In speaking with Midwest investors, Gao has found that everybody is waiting for a rebound and of course are disappointed to see the Q1 numbers, though the region seems to be doing better than others.

"If we look at a deal count perspective for the Midwest, for the first quarter of 2024, the Midwest made up roughly 1.85% of all the deals that are happening in the U.S. venture ecosystem," she said. "If you compare that with the annual metrics that we had from 2020 to 2023, it actually went up a little. In 2022 the annual level was 1.41% and in 2023 it was 1.79%."

Startups lose negotiating power

Still, Chicago's startup scene wasn't immune to some of the challenges that other tech firms faced in the past 18 months, including down rounds, flat rounds, extension rounds and insider-led rounds. The gap between buyers and sellers has put pressure on companies to move toward profitability while also maintaining growth.

Gao said that unless a really strong company wasn't subject to hype or overinflated valuation when it was raising its last round, it's unlikely the company could match its previous valuation — even if it's making progress in terms of delivering financial metrics or delivering better products.

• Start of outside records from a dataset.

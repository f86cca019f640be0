//! What linked runs of a worked program of three modules show.
ghost use Rattle.std.specs.Prelude.{◌≡◌, [], ◌∷◌};
ghost use Rattle.pliron_laws.specs.Datum.{Join};
ghost use Rattle.pliron_laws.specs.Machine.{Ended, Trapped, Reached};
ghost use Rattle.pliron_pass_linked.specs.LinkedRuns.{Answer, Callback};
ghost use Rattle.pliron_rules_tests.specs.Worked.{seen, all_names, even_alone, number, even, odd, asked};

// Two functions of two modules call each other to any depth, and the world sees none of it.
fn calls_are_inside()
    ensures even_number { seen all_names 0 (number 4) [] ≡ Ended (number 1 ∷ []) [] }
    ensures odd_number { seen all_names 0 (number 3) [] ≡ Ended (number 0 ∷ []) [] }
{}

// The world calls `even` back before it answers: it sees the question, then what the callback ended with.
fn worlds_call_back()
    ensures answer { seen all_names 2 (number 5) (Answer (number 7) ∷ []) ≡ Ended (number 7 ∷ []) (asked 5 ∷ []) }
    ensures callback { seen all_names 2 (number 5) (Callback 2 even (number 2 ∷ []) ∷ Answer (number 7) ∷ []) ≡ Ended
        (number 7 ∷ []) (number 1 ∷ asked 5 ∷ []) }
    ensures silent { seen all_names 2 (number 5) (Callback 2 even (number 2 ∷ []) ∷ []) ≡ Reached (number 1 ∷ asked 5
        ∷ []) }
{}

// A call of what the program doesn't have is an effect, which the world answers; a callback of it traps.
fn unknown_names_are_the_worlds()
    ensures effect { seen even_alone 0 (number 4) [] ≡ Reached (Join odd (number 3) ∷ []) }
    ensures answer { seen even_alone 0 (number 4) (Answer (number 1) ∷ []) ≡ Ended (number 1 ∷ []) (Join odd (number 3)
        ∷ []) }
    ensures callback { seen even_alone 2 (number 5) (Callback 2 odd [] ∷ []) ≡ Trapped (asked 5 ∷ []) }
{}

#[test]
fn a_program_of_three_modules(_rt: HostRuntime) {
    calls_are_inside();
    worlds_call_back();
    unknown_names_are_the_worlds();
}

For example, Cameo, a Chicago startup that reached unicorn status in 2021, started raising a $28 million funding round in March that was reported to value the company at less than $100 million.

Gao added that unless a founder has been able to secure multiple term sheets, they don't have a ton of negotiating power right now.

"A lot of companies are grappling between whether they should take the bullet and sign a term sheet to extend their runway or try for something like bridge financing with their existing investors," she said.

Given all the price corrections that have been seen across the tech market, some startups are finding they have to go backward in order to go forward.